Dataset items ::
[Start of section]

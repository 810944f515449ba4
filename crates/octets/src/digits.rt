// Decimal digits of a fixed width: whether they stand there, the number they write, and a number written as them.
ghost use Rattle.std.specs.Prelude.{◌≡◌, ◌+◌, ◌^◌, ◌<◌, ◌≤◌, length};
ghost use Rattle.octets.specs.Digits.{is_digit, digit_of, digits_at, decimal_at, digits_of};
ghost use Rattle.octets.specs.Pastes.{pasted};
ghost use Rattle.octets.specs.Asked.{FewDigits};

fn is_digit(b: u8) -> bool
    ensures { result ≡ is_digit b }
{
    b.is_ascii_digit()
}

// What a digit counts; 0 for any other byte. Kept: no Option, since `digit_of` counts any byte, and `decimal_at` reads any field by it.
fn digit(b: u8) -> usize
    ensures { (result ≡ digit_of b) × (result < 10) }
{
    if is_digit(b) {
        usize::from(b - b'0')
    } else {
        0
    }
}

// Whether n digits stand at `at`.
pub fn are_digits(s: &[u8], at: usize, n: usize) -> bool
    requires { at + n ≤ length s.now }
    ensures { result ≡ digits_at s.now at n }
{
    s[at..at + n].iter().all(|b| is_digit(*b))
}

// The number that n digits at `at` write.
pub fn decimal(s: &[u8], at: usize, n: usize) -> usize
    requires { FewDigits s.now at n }
    ensures { (result ≡ decimal_at s.now at n) × (result < 10 ^ n) }
{
    let mut v = 0;
    for b in &s[at..at + n] {
        v = v * 10 + digit(*b);
    }
    v
}

// The last n digits of v, over what stands at `at`.
pub fn put_digits(s: &mut [u8], at: usize, n: usize, v: usize)
    requires { at + n ≤ length s.old }
    ensures { s.new ≡ pasted s.old at (digits_of n v) }
{
    let mut rest = v;
    for i in (0..n).rev() {
        s[at + i] = b'0' + (rest % 10) as u8;
        rest /= 10;
    }
}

[End of section]

Search the data above for the word "pasted". Copy each line it is in.

The completed task ::
ghost use Rattle.octets.specs.Pastes.{pasted};
    ensures { s.new ≡ pasted s.old at (digits_of n v) }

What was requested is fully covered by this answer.